Well i guess ill see you all at the meet.


----------



## jd56 (Oct 4, 2013)

Well the mechanic called yesterday and said the chariot is ready for pickup. Told the wife and she said " you don't need the truck, four taking the small ass Focus". This way she thinks she assured there is no way I can buy a bike and fit it into the compact....might appease her with the less gas guzzler, but bringing my tools to breakdown the bike if I do find one that has to come home with me. As a bike collector " if there is a will there is a way" ....you'd be amazed what you can fit in a short wheel based vehicle.
See you guys at the Walmart Saturday.

Maybe even at the other show on Saturday.....Velodrome Bikefest

1151 Mosser Road
 Breinigsville, PA 18031

http://www.thevelodrome.com/

Sent from my DROID RAZR using Tapatalk 2


----------



## walter branche (Oct 4, 2013)

*how to transport*

Get an inner tube for the roof , line, string or bungee cords etc, it will ride fine up on the  roof, have fun , check your load , partially fill inner tube, tie selection of cycle down , inflate inner tube to secure it for the trip home , walter branche


----------



## jd56 (Oct 4, 2013)

Got the truck back today so bringing that.

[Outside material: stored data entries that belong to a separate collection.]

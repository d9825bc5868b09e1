// A single job of a tower (document 01, Refusal numbers; document 02, request (v)): "a single job 20, 21, then the same". `run_job` takes any input.
#![tactic(auto)]

mod alone;
mod room;

ghost use Rattle.tower_work.specs.Granted.{three};
ghost use Rattle.tower_single.specs.Single.{TowerSingle};

use numbers::answer::{Answer, Refusal};
use tower_words::word::TowerWord;

// A single job: done, with its block written, or a refusal, with nothing written.
pub fn run_job(
    p0: &mut [f32],
    p1: &mut [f32],
    p2: &mut [f32],
    width: usize,
    height: usize,
    row: &[u16],
    differences: &[i16],
) -> Answer
    ensures { TowerSingle width height differences.now row.now (three p0.old p1.old p2.old) (three p0.new p1.new p2.new) result }
{
    if !tower_rules::are_planes(width, height, p0.len(), p1.len(), p2.len()) {
        return Err(Refusal::BadPlane);
    }
    if row.len() != TowerWord::COUNT {
        return Err(Refusal::BadPlan);
    }
    let job = tower_job::rules::read_row(width, height, differences.len(), row)?;
    alone::alone(p0, p1, p2, width, job, differences)
}
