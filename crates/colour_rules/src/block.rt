// Where a block stands in its reference window, which of its neighbours are there, and its direction and depth (document 01, Colour parameters).
ghost use Rattle.std.specs.Prelude.{◌≡◌};
ghost use Rattle.numbers.specs.Colour.{the_colour};

use numbers::colour::ColourDirection;

// The sizes of its window, the block's own, and the rest of its call.
#[derive(Clone, Copy)]
pub struct Block {
    pub ref_width: usize,
    pub ref_height: usize,
    pub above_lines: usize,
    pub left_lines: usize,
    pub width: usize,
    pub height: usize,
    pub have_top: bool,
    pub have_left: bool,
    pub direction: u32,
    pub d: u32,
}

impl Block {
    // "width or height not in 1..128"
    pub const LARGEST_SIDE: usize = 128;

    // Its direction by its name.
    pub fn colour(self) -> ColourDirection
        ensures { result ≡ the_colour self.direction }
    {
        ColourDirection::named(self.direction)
    }
}
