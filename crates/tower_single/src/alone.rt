// A job that no rule before 8 refuses, by itself: on its plane, with a room of its size class.
ghost use Rattle.std.specs.Prelude.{length};
ghost use Rattle.job_work.specs.Granted.{Tested};
ghost use Rattle.tower_work.specs.Granted.{three, OnePlane, TowerRead, TowerLeft, BaseOn};

use crate::room;
use job::job::Job;
use numbers::answer::Answer;
use tower_job::tower::{TowerJob, TowerMode};

// A job of the first library on plane k.
fn base_alone(
    p0: &mut [f32],
    p1: &mut [f32],
    p2: &mut [f32],
    k: u16,
    width: usize,
    job: Job,
    differences: &[i16],
) -> Answer
    requires { OnePlane p0.old p1.old p2.old k × Tested width (length differences.now) (length p0.old) job }
    ensures { BaseOn width differences.now job k (three p0.old p1.old p2.old) (three p0.new p1.new p2.new) result }
{
    if k == 0 {
        return single_job::alone(p0, width, job, differences);
    }
    if k == 1 {
        return single_job::alone(p1, width, job, differences);
    }
    single_job::alone(p2, width, job, differences)
}

// By its mode.
pub fn alone(
    p0: &mut [f32],
    p1: &mut [f32],
    p2: &mut [f32],
    width: usize,
    job: TowerJob,
    differences: &[i16],
) -> Answer
    requires { OnePlane p0.old p1.old p2.old job.plane × TowerRead width (length differences.now) (length p0.old) job.mode job.plane }
    ensures { TowerLeft width differences.now job.mode job.plane (three p0.old p1.old p2.old) (three p0.new p1.new p2.new) result }
{
    let k = job.plane;
    let mode = job.mode;
    match mode {
        TowerMode::Base(base) => base_alone(p0, p1, p2, k, width, base, differences),
        TowerMode::Colour(c) => room::colour_alone(p0, p1, p2, k, width, c),
    }
}
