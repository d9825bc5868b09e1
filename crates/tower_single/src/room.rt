// A colour job by itself, with a room of its size class: clearing a large one would cost more than a small job. The windows' rows lie 256 entries
// apart, and a block has at most 128 columns and as many rows as its window.
ghost use Rattle.std.specs.Prelude.{◌≤◌, length};
ghost use Rattle.colour_words.specs.Placed.{ColourLaid};
ghost use Rattle.tower_work.specs.Granted.{three, OnePlane, ColourOn, ColourRoom};

use colour_words::ColourWords;
use numbers::answer::Answer;
use tower_work::colour;

// A job that no rule before 8 refuses, on plane k, with room for windows of WINDOW entries and a block of BLOCK.
fn with_room<const WINDOW: usize, const BLOCK: usize>(
    p0: &[f32],
    p1: &mut [f32],
    p2: &mut [f32],
    k: u16,
    width: usize,
    c: ColourWords,
) -> Answer
    requires one_plane { OnePlane p0.now p1.old p2.old k × (1 ≤ k) × ColourLaid (length p0.now) width c }
    requires colour_room { ColourRoom c WINDOW WINDOW BLOCK × (WINDOW ≤ 65536) × (BLOCK ≤ 16384) }
    ensures { ColourOn width c k (three p0.now p1.old p2.old) (three p0.now p1.new p2.new) result }
{
    let mut luma = [0i32; WINDOW];
    let mut chroma = [0i32; WINDOW];
    let mut block = [0i32; BLOCK];
    colour::on_plane(p0, p1, p2, k, width, c, &mut luma, &mut chroma, &mut block)
}

// The same by its size class: a window of at most 16 rows, of at most 64, or of any height.
pub fn colour_alone(
    p0: &[f32],
    p1: &mut [f32],
    p2: &mut [f32],
    k: u16,
    width: usize,
    c: ColourWords,
) -> Answer
    requires { OnePlane p0.now p1.old p2.old k × (1 ≤ k) × ColourLaid (length p0.now) width c }
    ensures { ColourOn width c k (three p0.now p1.old p2.old) (three p0.now p1.new p2.new) result }
{
    if c.ref_height <= 16 {
        with_room::<4096, 2048>(p0, p1, p2, k, width, c)
    } else if c.ref_height <= 64 {
        with_room::<16384, 8192>(p0, p1, p2, k, width, c)
    } else {
        with_room::<65536, 16384>(p0, p1, p2, k, width, c)
    }
}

Weather wise looks good from what In see on my phone app.
60s at night and in the morning and hitting low 80s during the day.
Only rain is late tonight. So they say:eek:

Sent from my DROID RAZR using Tapatalk 2


----------



## bike (Oct 4, 2013)

*anyone hanging around for Hershey maybe wants to split a room sun mon*

xhtc@yahoo.com (preffered
or pm

Thanks!


----------



## jd56 (Oct 5, 2013)

So I have been here since 330....missed velodrome but a few people were at the firehouse parking lot for tomorrows show.
Finally someone from the firehouse said they will allow setup and sleep over here at the location.
See you guys tonight then.

Sent from my DROID RAZR using Tapatalk 2


----------



## THEGOLDENGREEK (Oct 5, 2013)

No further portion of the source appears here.